I find that companies are very much opposed to seriously finding those matches
where the employees are convertable since longterm employees cost twice as
much as the untrained new hire in a role that now uses half their abilities.
Further, if they are "certified" as competent in both fields instead of
eliminated from the market as tainted goods, they can be snatched by better
managed rivals who know how to get full value of a programmer-accountant
instead of paying for both skillsets and not being competent to consistently
manage profit from either one.

401k plans managed fairness by making sure your top and lowest employees got
reasonably comparable benefits. It helped, but also lead to outsourcing the
low roles.
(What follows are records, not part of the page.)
//! Portions of a number, and points of a straight line.
ghost use Rattle.std.specs.Prelude.{◌≡◌, ◌<◌, ◌≤◌, ◌^◌, pos, ◌*ℤ◌, ◌+ℤ◌, ◌-ℤ◌, unsigned_abs, FitsSigned};
ghost use Rattle.std.specs.Int.{w32, w64};
ghost use Rattle.sn_fixed.specs.Fixed.{floor};
ghost use Rattle.sn_fixed.specs.Lines.{IsBetween, line_at};

pub(crate) fn multiple(whole: i64, k: u32) -> i128
    requires { unsigned_abs whole ≤ 2 ^ 33 }
    ensures { result ≡ whole *ℤ pos k }
{
    i128::from(whole) * i128::from(k)
}

fn quotient(product: i128, n: u32) -> i128
    requires { 0 < n }
    ensures { result ≡ floor product n }
{
    product.div_euclid(i128::from(n))
}

fn wide_portion(whole: i64, k: u32, n: u32) -> i128
    requires whole { unsigned_abs whole ≤ 2 ^ 33 }
    requires part { k ≤ n }
    requires some { 0 < n }
    ensures value { result ≡ floor (whole *ℤ pos k) n }
    ensures between { IsBetween result whole }
{
    quotient(multiple(whole, k), n)
}

fn narrow(x: i128) -> i64
    requires { FitsSigned w64 x }
    ensures { result ≡ x }
{
    x as i64
}

/// `k` of `n` equal parts of the whole, rounded down.
pub fn portion(whole: i64, k: u32, n: u32) -> i64
    requires whole { unsigned_abs whole ≤ 2 ^ 33 }
    requires part { k ≤ n }
    requires some { 0 < n }
    ensures value { result ≡ floor (whole *ℤ pos k) n }
    ensures between { IsBetween result whole }
{
    narrow(wide_portion(whole, k, n))
}

/// The exact difference of two samples.
pub fn distance(start: i32, end: i32) -> i64
    ensures value { result ≡ end -ℤ start }
    ensures bound { unsigned_abs result ≤ 2 ^ 33 }
{
    i64::from(end) - i64::from(start)
}

/// One of `n` equal parts of the whole, rounded down.
#[tactic(auto, using(crate::proofs::Portions::part_between))]
pub(crate) fn part(whole: i64, n: u32) -> i64
    requires whole { unsigned_abs whole ≤ 2 ^ 33 }
    requires some { 0 < n }
    ensures value { result ≡ floor whole n }
    ensures between { IsBetween result whole }
{
    whole.div_euclid(i64::from(n))
}

/// The start, moved by `by`.
pub fn moved(start: i32, by: i64) -> i32
    requires { FitsSigned w32 (start +ℤ by) }
    ensures { result ≡ start +ℤ by }
{
    (i64::from(start) + by) as i32
}

/// The sample at frame `k` of a straight line of `n` frames from `start` to `end`, rounded down.
#[tactic(auto, unfolding(crate::specs::Lines::line_at))]
pub fn line_at(start: i32, end: i32, k: u32, n: u32) -> i32
    requires part { k ≤ n }
    requires some { 0 < n }
    ensures { result ≡ line_at start end k n }
{
    moved(start, portion(distance(start, end), k, n))
}

/// The sample at the end of the first of `n` equal parts of the way from `start` to `end`, rounded down.
pub fn nearer(start: i32, end: i32, n: u32) -> i32
    requires { 0 < n }
    ensures { result ≡ start +ℤ floor (end -ℤ start) n }
{
    moved(start, part(distance(start, end), n))
}
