//! Samples in Q8.24: arithmetic, phases, times and literals.
#![tactic(auto)]

mod arcs;
mod arithmetic;
mod division;
mod durations;
mod heights;
mod laws;
mod lines;
mod literals;
mod naturals;
mod phases;
mod ranges;
mod slopes;
mod triggers;

pub use arcs::{arc, wave};
pub use arithmetic::{
    ONE, add, added, mul, mul_add, products, sat, sat_wide, scaled, scaled_sample, sub, times,
    total, weighted,
};
pub use division::Division;
pub use durations::TimeFrames;
pub use heights::Heights;
pub use laws::{digits_read_back, literal_bytes};
pub use lines::{distance, line_at, moved, nearer, portion};
pub use literals::literal;
pub use naturals::natural;
pub use phases::{frames_of, sine, step_of};
pub use ranges::into_range;
pub use slopes::Slope;
pub use triggers::rises;
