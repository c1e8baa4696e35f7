//! Divisions with remainder.
ghost use Rattle.std.specs.Prelude.{◌≡◌, ◌<◌, ◌≤◌, ◌+◌, ◌-◌, ◌^◌, pos, ◌*ℤ◌, ◌+ℤ◌, ◌-ℤ◌, unsigned_abs};
ghost use Rattle.std.specs.Int.{int_rem_euclid};
ghost use Rattle.sn_fixed.specs.Divisions.{IsDivided};

use crate::lines::{multiple, part, portion};

fn remainder(whole: i64, n: u32) -> u32
    requires { 0 < n }
    ensures { result ≡ unsigned_abs (int_rem_euclid whole (pos n)) }
{
    whole.rem_euclid(i64::from(n)) as u32
}

fn wide_remainder(product: i128, n: u32) -> u32
    requires { 0 < n }
    ensures { result ≡ unsigned_abs (int_rem_euclid product (pos n)) }
{
    product.rem_euclid(i128::from(n)) as u32
}

/// A quotient, rounded down, and its remainder.
#[derive(Clone, Copy)]
pub struct Division {
    pub quotient: i64,
    pub remainder: u32,
}

impl Division {
    /// The whole, divided by `n`.
    pub fn new(whole: i64, n: u32) -> Division
        requires whole { unsigned_abs whole ≤ 2 ^ 33 }
        requires some { 0 < n }
        ensures { IsDivided whole n result.quotient result.remainder }
    {
        Division {
            quotient: part(whole, n),
            remainder: remainder(whole, n),
        }
    }

    /// `k` times the whole, divided by `n`.
    pub fn of_multiple(whole: i64, k: u32, n: u32) -> Division
        requires whole { unsigned_abs whole ≤ 2 ^ 33 }
        requires part { k ≤ n }
        requires some { 0 < n }
        ensures { IsDivided (whole *ℤ pos k) n result.quotient result.remainder }
    {
        Division {
            quotient: portion(whole, k, n),
            remainder: wide_remainder(multiple(whole, k), n),
        }
    }

    /// The division by `n` of the sum of two numbers, from their divisions.
    pub fn plus(self, other: Division, n: u32) -> Division
        requires first { unsigned_abs self.quotient ≤ 2 ^ 33 }
        requires second { unsigned_abs other.quotient ≤ 2 ^ 33 }
        requires few { self.remainder < n }
        requires small { other.remainder < n }
        ensures under { self.remainder + other.remainder < n → (result.quotient ≡ self.quotient +ℤ other.quotient) × (result.remainder ≡ self.remainder + other.remainder) }
        ensures over { n ≤ self.remainder + other.remainder → (result.quotient ≡ self.quotient +ℤ other.quotient +ℤ pos 1) × (result.remainder ≡ self.remainder + other.remainder - n) }
    {
        let remainder = u64::from(self.remainder) + u64::from(other.remainder);
        if remainder < u64::from(n) {
            Division {
                quotient: self.quotient + other.quotient,
                remainder: remainder as u32,
            }
        } else {
            Division {
                quotient: self.quotient + other.quotient + 1,
                remainder: (remainder - u64::from(n)) as u32,
            }
        }
    }

    /// The division by `n` of the difference of two numbers, from their divisions.
    pub fn minus(self, other: Division, n: u32) -> Division
        requires first { unsigned_abs self.quotient ≤ 2 ^ 33 }
        requires second { unsigned_abs other.quotient ≤ 2 ^ 33 }
        requires few { self.remainder < n }
        requires small { other.remainder < n }
        ensures over { other.remainder ≤ self.remainder → (result.quotient ≡ self.quotient -ℤ other.quotient) × (result.remainder ≡ self.remainder - other.remainder) }
        ensures under { self.remainder < other.remainder → (result.quotient ≡ self.quotient -ℤ other.quotient -ℤ pos 1) × (result.remainder ≡ self.remainder + n - other.remainder) }
    {
        if other.remainder <= self.remainder {
            Division {
                quotient: self.quotient - other.quotient,
                remainder: self.remainder - other.remainder,
            }
        } else {
            let remainder = u64::from(self.remainder) + u64::from(n) - u64::from(other.remainder);
            Division {
                quotient: self.quotient - other.quotient - 1,
                remainder: remainder as u32,
            }
        }
    }
}
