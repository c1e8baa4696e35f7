//! Phases and times.
ghost use Rattle.std.specs.Prelude.{◌≡◌, ◌<◌, ◌≤◌, ◌-◌, ◌*◌, ◌/◌, ◌^◌};
ghost use Rattle.sn_fixed.specs.Fixed.{floor, step_of, frames_of};
ghost use Rattle.sn_fixed.specs.Sine.{sine, height};

use std::num::saturating_f64_to_u64;

const TURN: i64 = 4_294_967_296;

pub(crate) const HALF_TURN: u32 = 2_147_483_648;

/// A quotient by 1000 times the rate, rounded down. The three rates are constants here, since a
/// division by a constant is a product.
fn thousandth(whole: i64, rate: u32) -> i64
    requires { 0 < rate }
    ensures { result ≡ floor whole (1000 * rate) }
{
    match rate {
        44_100 => whole.div_euclid(44_100_000),
        48_000 => whole.div_euclid(48_000_000),
        96_000 => whole.div_euclid(96_000_000),
        _ => whole.div_euclid(1000 * i64::from(rate)),
    }
}

/// By how much a phase grows at each frame. `freq` is in millihertz and `rate` in frames a second; a phase turns at
/// 2^32, so a negative frequency wraps.
#[tactic(auto, unfolding(crate::specs::Fixed::step_of))]
pub fn step_of(freq: i32, rate: u32) -> u32
    requires { 0 < rate }
    ensures { result ≡ step_of freq rate }
{
    thousandth(i64::from(freq) * TURN, rate).rem_euclid(TURN) as u32
}

/// The frames of `ms` milliseconds, rounded down: 0 if `ms` is negative, and at most 2^31 - 1.
#[tactic(auto, unfolding(crate::specs::Fixed::frames_of))]
pub fn frames_of(ms: i32, rate: u32) -> u32
    ensures { result ≡ frames_of ms rate }
{
    if ms < 0 {
        return 0;
    }
    (ms as u64 * u64::from(rate) / 1000).min(i32::MAX as u64) as u32
}

/// A product of two parts of the half turn.
#[tactic(auto, using(crate::proofs::HalfWave::product_small))]
fn product(h: u32) -> u32
    requires { h ≤ 65536 }
    ensures value { result ≡ h * (65536 - h) }
    ensures bound { result ≤ 1073741824 }
{
    (u64::from(h) * (65_536 - u64::from(h))) as u32
}

/// A guess at the height for this product. The contract promises its bound alone.
fn guess(q: u32) -> u64
    ensures { result ≤ 16777216 }
{
    let q = f64::from(q);
    saturating_f64_to_u64(q * 67_108_864.0 / (5_368_709_120.0 - q)).min(16_777_216)
}

/// The quotient, rounded down. If the guess is right, it takes no division.
#[tactic(auto, using(crate::proofs::HalfWave::guessed))]
fn quotient(dividend: u64, divisor: u64, guess: u64) -> u64
    requires some { 0 < divisor }
    requires divisor { divisor < 2 ^ 35 }
    requires guess { guess ≤ 16777216 }
    ensures { result ≡ dividend / divisor }
{
    let below = guess * divisor;
    if below <= dividend && dividend - below < divisor {
        guess
    } else {
        dividend / divisor
    }
}

/// The height of the half wave at place `h` of 65,536.
#[tactic(auto, using(crate::proofs::HalfWave::height_small))]
pub(crate) fn height(h: u32) -> u32
    requires { h ≤ 65536 }
    ensures value { result ≡ height h }
    ensures bound { result ≤ 16777216 }
{
    let q = product(h);
    let wide = u64::from(q);
    quotient(16 * wide * 16_777_216, 21_474_836_480 - 4 * wide, guess(q)) as u32
}

/// The sine of a phase as a sample, by Bhaskara's approximation. 2^32 is a turn.
#[tactic(auto, unfolding(crate::specs::Sine::sine))]
pub fn sine(p: u32) -> i32
    ensures { result ≡ sine p }
{
    let height = height(p % HALF_TURN / 32_768) as i32;
    if p < HALF_TURN { height } else { -height }
}
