//! Arcs: the sine by a polynomial. 2^31 is a quarter turn, and 2^62 is 1.0.
ghost use Rattle.std.specs.Prelude.{◌≡◌, ◌<◌, ◌≤◌, ◌-◌, ◌*◌, ◌/◌, ◌^◌, unsigned_abs};
ghost use Rattle.sn_fixed.specs.Arcs.{square, polynomial, arc, wave};

/// Half of a turn.
const HALF: u64 = 4_294_967_296;

/// The square of an angle up to a quarter turn: 2^30 is that of a quarter turn.
#[tactic(auto, using(crate::proofs::ArcBounds::square_small))]
fn square(u: u64) -> u64
    requires { u ≤ 2147483648 }
    ensures value { result ≡ square u }
    ensures bound { result ≤ 1073741824 }
{
    u * u / HALF
}

/// A step of Horner's rule: the coefficient less `t` times `h`. 2^30 is 1.0.
#[tactic(auto, using(crate::proofs::ArcBounds::product_small))]
fn less(coefficient: u64, t: u64, h: u64) -> u64
    requires t { t ≤ 1073741824 }
    requires h { h ≤ coefficient }
    requires coefficient { coefficient < 2 ^ 32 }
    ensures value { result ≡ coefficient - t * h / 1073741824 }
    ensures bound { result ≤ coefficient }
{
    coefficient - t * h / 1_073_741_824
}

/// The polynomial at the square of an angle.
fn polynomial(t: u64) -> u64
    requires { t ≤ 1073741824 }
    ensures value { result ≡ polynomial t }
    ensures bound { result < 2 ^ 32 }
{
    let h = less(10_036_036, t, 324_873);
    let h = less(171_131_830, t, h);
    let h = less(1_387_196_425, t, h);
    less(3_373_259_406, t, h)
}

/// The sine of an angle up to a quarter turn.
#[tactic(auto, unfolding(crate::specs::Arcs::arc))]
pub fn arc(u: u64) -> u64
    requires { u ≤ 2147483648 }
    ensures value { result ≡ arc u }
    ensures bound { result ≤ 2 ^ 62 }
{
    (u * polynomial(square(u))).min(4_611_686_018_427_387_904)
}

/// The sine of any angle.
#[tactic(auto, unfolding(crate::specs::Arcs::wave))]
pub fn wave(m: u64) -> i64
    ensures value { result ≡ wave m }
    ensures bound { unsigned_abs result ≤ 2 ^ 62 }
{
    let r = m % (2 * HALF);
    let h = r % HALF;
    let height = arc(h.min(HALF - h)) as i64;
    if r < HALF { height } else { -height }
}
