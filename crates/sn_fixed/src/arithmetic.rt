//! Arithmetic on samples, one exact step for each function.
ghost use Rattle.std.specs.Prelude.{◌≡◌, ◌≤◌, ◌^◌, ◌+ℤ◌, ◌-ℤ◌, ◌*ℤ◌, unsigned_abs};
ghost use Rattle.sn_fixed.specs.Fixed.{floor, sat, mul};

/// 1.0 as a sample.
pub const ONE: i32 = 16_777_216;

/// The sample nearest to `x`: `x` itself if it is one, or else the least or the greatest sample.
#[tactic(auto, unfolding(crate::specs::Fixed::sat))]
pub fn sat(x: i64) -> i32
    ensures { result ≡ sat x }
{
    x.clamp(i64::from(i32::MIN), i64::from(i32::MAX)) as i32
}

/// The sample nearest to `x`, as `sat` gives it.
#[tactic(auto, unfolding(crate::specs::Fixed::sat))]
pub fn sat_wide(x: i128) -> i32
    ensures { result ≡ sat x }
{
    x.clamp(i128::from(i32::MIN), i128::from(i32::MAX)) as i32
}

/// The exact product.
pub fn times(a: i32, b: i32) -> i64
    ensures value { result ≡ a *ℤ b }
    ensures bound { unsigned_abs result ≤ 2 ^ 62 }
{
    i64::from(a) * i64::from(b)
}

/// The exact sum.
pub fn added(a: i64, b: i64) -> i128
    ensures value { result ≡ a +ℤ b }
    ensures bound { unsigned_abs result ≤ 2 ^ 64 }
{
    i128::from(a) + i128::from(b)
}

/// The exact sum of two sums of products and a product.
pub fn total(a: i128, b: i128, c: i64) -> i128
    requires a { unsigned_abs a ≤ 2 ^ 64 }
    requires b { unsigned_abs b ≤ 2 ^ 64 }
    ensures { result ≡ a +ℤ b +ℤ c }
{
    a + b + i128::from(c)
}

/// The exact sum of two products.
pub fn products(a: i32, x: i32, b: i32, y: i32) -> i128
    ensures value { result ≡ a *ℤ x +ℤ b *ℤ y }
    ensures bound { unsigned_abs result ≤ 2 ^ 64 }
{
    added(times(a, x), times(b, y))
}

/// A product in the scale of samples (2^-24 of it), rounded down.
pub fn scaled(product: i64) -> i64
    ensures { result ≡ floor product 16777216 }
{
    product.div_euclid(i64::from(ONE))
}

/// The sample nearest to a sum of products in the scale of samples, rounded down.
pub fn scaled_sample(products: i128) -> i32
    ensures { result ≡ sat (floor products 16777216) }
{
    sat_wide(products.div_euclid(i128::from(ONE)))
}

/// The sample nearest to the sum of two samples. The exact sum is clamped, since that takes no branch.
pub fn add(a: i32, b: i32) -> i32
    ensures { result ≡ sat (a +ℤ b) }
{
    sat(i64::from(a) + i64::from(b))
}

/// The sample nearest to the difference of two samples.
pub fn sub(a: i32, b: i32) -> i32
    ensures { result ≡ sat (a -ℤ b) }
{
    sat(i64::from(a) - i64::from(b))
}

/// The sample nearest to the product of two samples, which is brought to their scale (by 2^-24) and rounded down first.
#[tactic(auto, unfolding(crate::specs::Fixed::mul))]
pub fn mul(a: i32, b: i32) -> i32
    ensures { result ≡ mul a b }
{
    sat(scaled(times(a, b)))
}

/// The product in the scale of samples, rounded down.
#[tactic(auto, using(crate::proofs::Scales::scaled_small))]
fn scaled_product(a: i32, b: i32) -> i64
    ensures value { result ≡ floor (a *ℤ b) 16777216 }
    ensures bound { unsigned_abs result ≤ 2 ^ 38 }
{
    scaled(times(a, b))
}

/// The sample nearest to the sum of a product and a sample. The product is brought to the scale of samples and rounded
/// down first.
pub fn mul_add(a: i32, b: i32, x: i32) -> i32
    ensures { result ≡ sat (floor (a *ℤ b) 16777216 +ℤ x) }
{
    sat(scaled_product(a, b) + i64::from(x))
}

/// The sample nearest to the sum of two products, which is brought to the scale of samples and rounded down first.
pub fn weighted(a: i32, x: i32, b: i32, y: i32) -> i32
    ensures { result ≡ sat (floor (a *ℤ x +ℤ b *ℤ y) 16777216) }
{
    scaled_sample(products(a, x, b, y))
}
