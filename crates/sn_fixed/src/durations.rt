//! Times, from frame to frame.
ghost use Rattle.std.specs.Prelude.{◌≡◌};
ghost use Rattle.sn_fixed.specs.Fixed.{frames_of};

use crate::phases::frames_of;

/// The frames of the last time.
#[derive(Clone, Copy)]
pub struct TimeFrames {
    /// Frames a second.
    pub rate: u32,
    /// The last time, in milliseconds.
    ms: i32,
    frames: u32,
    ghost known: { frames ≡ frames_of ms rate },
}

impl TimeFrames {
    /// At a time of 0.
    pub fn new(rate: u32) -> TimeFrames
        ensures { result.rate ≡ rate }
    {
        TimeFrames {
            rate,
            ms: 0,
            frames: frames_of(0, rate),
        }
    }

    /// The frames of `ms` milliseconds, as `frames_of` gives them. They are computed only if the time isn't the last
    /// one.
    pub fn at(&mut self, ms: i32) -> u32
        ensures value { result ≡ frames_of ms self.old.rate }
        ensures rate { self.new.rate ≡ self.old.rate }
    {
        if ms != self.ms {
            let rate = self.rate;
            *self = TimeFrames {
                rate,
                ms,
                frames: frames_of(ms, rate),
            };
        }
        self.frames
    }
}
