//! Natural numbers in decimal.
ghost use Rattle.std.specs.Prelude.{◌≡◌};
ghost use Rattle.sn_fixed.specs.Natural.{fits_32, natural};

use crate::literals::{is_positive, is_zero, number};

fn fits_32(value: u64) -> Option<u32>
    ensures { result ≡ fits_32 value }
{
    u32::try_from(value).ok()
}

/// The number of decimal digits without a leading zero. `None` comes exactly if the text is something else, or the
/// number is 2^32 or more.
#[tactic(auto, unfolding(crate::specs::Natural::natural))]
pub fn natural(text: &[u8]) -> Option<u32>
    ensures { result ≡ natural text.now }
{
    if is_zero(text) {
        Some(0)
    } else if is_positive(text) {
        fits_32(number(text))
    } else {
        None
    }
}
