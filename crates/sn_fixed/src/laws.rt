//! Laws about the definitions of this crate. Each function's contract is one law.
ghost use Rattle.std.specs.Prelude.{ℤ, ℕ, List};
ghost use Rattle.sn_fixed.specs.Laws.{ReadsBack, HasLiteralBytes};

/// The decimal digits of each sample read back as that sample.
pub fn digits_read_back()
    ensures { (z : ℤ) → ReadsBack z }
{}

/// Each byte of a literal is a digit, `-` or `.`.
pub fn literal_bytes()
    ensures { (text : List ℕ) → HasLiteralBytes text }
{}
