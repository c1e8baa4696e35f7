//! The literals of a definition text.
ghost use Rattle.std.specs.Prelude.{◌≡◌, pos, ◌≤ℤ◌, ◌+◌, ◌==◌, position, ◌*◌, ◌≤◌, ◌<◌, ◌^◌, IsTrue, min, length, unsigned_abs};
ghost use Rattle.std.specs.List.{list_all};
ghost use Rattle.std.specs.Char.{is_ascii_digit};
ghost use Rattle.std.specs.Str.Parse.{digits_value};
ghost use Rattle.sn_fixed.specs.Literal.{
  is_zero,
  is_positive,
  is_front,
  is_places,
  signed,
  sample,
  whole,
  fraction,
  unsigned,
  literal,
};

/// Greater than each number of eleven digits.
const MOST_LITERAL: u64 = 1_000_000_000_000;

const ONE: i128 = 16_777_216;

/// Whether all are decimal digits.
fn are_digits(digits: &[u8]) -> bool
    ensures { result ≡ list_all is_ascii_digit digits.now }
{
    digits.iter().all(|digit| digit.is_ascii_digit())
}

/// Whether this is `0`.
pub(crate) fn is_zero(digits: &[u8]) -> bool
    ensures { result ≡ is_zero digits.now }
{
    digits.len() == 1 && digits[0] == b'0'
}

/// Whether these are digits without a leading zero.
pub(crate) fn is_positive(digits: &[u8]) -> bool
    ensures { result ≡ is_positive digits.now }
{
    are_digits(digits) && digits.len() > 0 && digits[0] >= b'1'
}

/// The number of the digits, or `MOST_LITERAL` if it is greater.
pub(crate) fn number(digits: &[u8]) -> u64
    requires { IsTrue (list_all is_ascii_digit digits.now) }
    ensures { result ≡ min (digits_value 10 digits.now) 1000000000000 }
{
    let mut number: u64 = 0;
    for digit in digits {
        number = (number * 10 + u64::from(*digit - b'0')).min(MOST_LITERAL);
    }
    number
}

fn is_front(digits: &[u8]) -> bool
    ensures { result ≡ is_front digits.now }
{
    is_zero(digits) || is_positive(digits) && digits.len() <= 3
}

fn is_places(digits: &[u8]) -> bool
    ensures { result ≡ is_places digits.now }
{
    are_digits(digits) && digits.len() >= 1 && digits.len() <= 8
}

fn signed(negative: bool, number: i128) -> i128
    requires bound { unsigned_abs number ≤ 2 ^ 100 }
    requires natural { pos 0 ≤ℤ number }
    ensures value { result ≡ signed negative (unsigned_abs number) }
    ensures bound { unsigned_abs result ≤ 2 ^ 100 }
{
    if negative { -number } else { number }
}

fn sample(value: i128) -> Option<i32>
    ensures { result ≡ sample value }
{
    i32::try_from(value).ok()
}

fn whole(negative: bool, digits: &[u8]) -> Option<i32>
    ensures { result ≡ whole negative digits.now }
{
    if is_positive(digits) {
        sample(signed(negative, i128::from(number(digits))))
    } else if is_zero(digits) && !negative {
        Some(0)
    } else {
        None
    }
}

/// The number of at most eight digits.
#[tactic(auto, using(crate::proofs::Digits::short_number))]
fn short_number(digits: &[u8]) -> u64
    requires digits { IsTrue (list_all is_ascii_digit digits.now) }
    requires short { length digits.now ≤ 8 }
    ensures value { result ≡ digits_value 10 digits.now }
    ensures bound { result < 100000000 }
{
    number(digits)
}

/// Ten to the power of `places`.
#[tactic(auto, using(crate::proofs::Digits::scale_bounds))]
fn scale(places: usize) -> u64
    requires { places ≤ 8 }
    ensures value { result ≡ 10 ^ places }
    ensures bound { 1 ≤ result × result ≤ 100000000 }
{
    10u64.pow(places as u32)
}

/// The number of the digits before the point and the places after it, in units of the last place.
fn places_number(front: &[u8], places: &[u8]) -> u64
    requires front { IsTrue (is_front front.now) }
    requires places { IsTrue (is_places places.now) }
    ensures value { result ≡ digits_value 10 front.now * 10 ^ length places.now + digits_value 10 places.now }
    ensures bound { result < 2 ^ 60 }
{
    short_number(front) * scale(places.len()) + short_number(places)
}

fn fraction(negative: bool, front: &[u8], places: &[u8]) -> Option<i32>
    ensures { result ≡ fraction negative front.now places.now }
{
    if !is_front(front) || !is_places(places) {
        return None;
    }
    let raw = signed(negative, i128::from(places_number(front, places)) * ONE);
    sample(raw.div_euclid(i128::from(scale(places.len()))))
}

/// The index of the first point.
fn point(text: &[u8]) -> Option<usize>
    ensures { result ≡ position (λ byte. byte == 46) text.now }
{
    text.iter().position(|byte| *byte == b'.')
}

fn unsigned(negative: bool, text: &[u8]) -> Option<i32>
    ensures { result ≡ unsigned negative text.now }
{
    match point(text) {
        Some(point) => fraction(negative, &text[..point], &text[point + 1..]),
        None => whole(negative, text),
    }
}

/// The value of a literal: a whole number is a raw value, and a fraction such as `-0.5` is rounded down to a sample.
/// `None` comes exactly if the text is no literal, or its value is no `i32`.
#[tactic(auto, unfolding(crate::specs::Literal::literal))]
pub fn literal(text: &[u8]) -> Option<i32>
    ensures { result ≡ literal text.now }
{
    match text.strip_prefix(b"-") {
        Some(digits) => unsigned(true, digits),
        None => unsigned(false, text),
    }
}
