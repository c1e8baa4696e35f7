//! Triggers.
ghost use Rattle.std.specs.Prelude.{◌≡◌};
ghost use Rattle.sn_fixed.specs.Triggers.{rises};

/// Whether a trigger rises from one sample to the next: from at most 0 to above 0.
pub fn rises(before: i32, now: i32) -> bool
    ensures { result ≡ rises before now }
{
    now > 0 && before <= 0
}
In this case, I think companies should be limited to h1s that cost
more than the greater of: the average inflation adjusted salary they've laid
off, the average salary they still have and the average market salary for the
specific role. If that's too expensive for them, maybe its fine to let them
workout their problems without crying about the labor market not matching
their inconsistent needs.

------
pinewurst
Correlation doesn't imply causation.

Much as I loathe companies that do this sort of thing, I read this article as
being not much better than link bait. Though doubtless there will be further
layoffs, these seem to be finance, supply chain and a smattering of marketing.
None of which are very good fits for H1B employees. I'm guessing most of the
H1B applications are for the usual knucklehead services reqs.

------
rubyfan
Isn't this exactly not what H1B is supposed to be used for? And isn't this
against the law already?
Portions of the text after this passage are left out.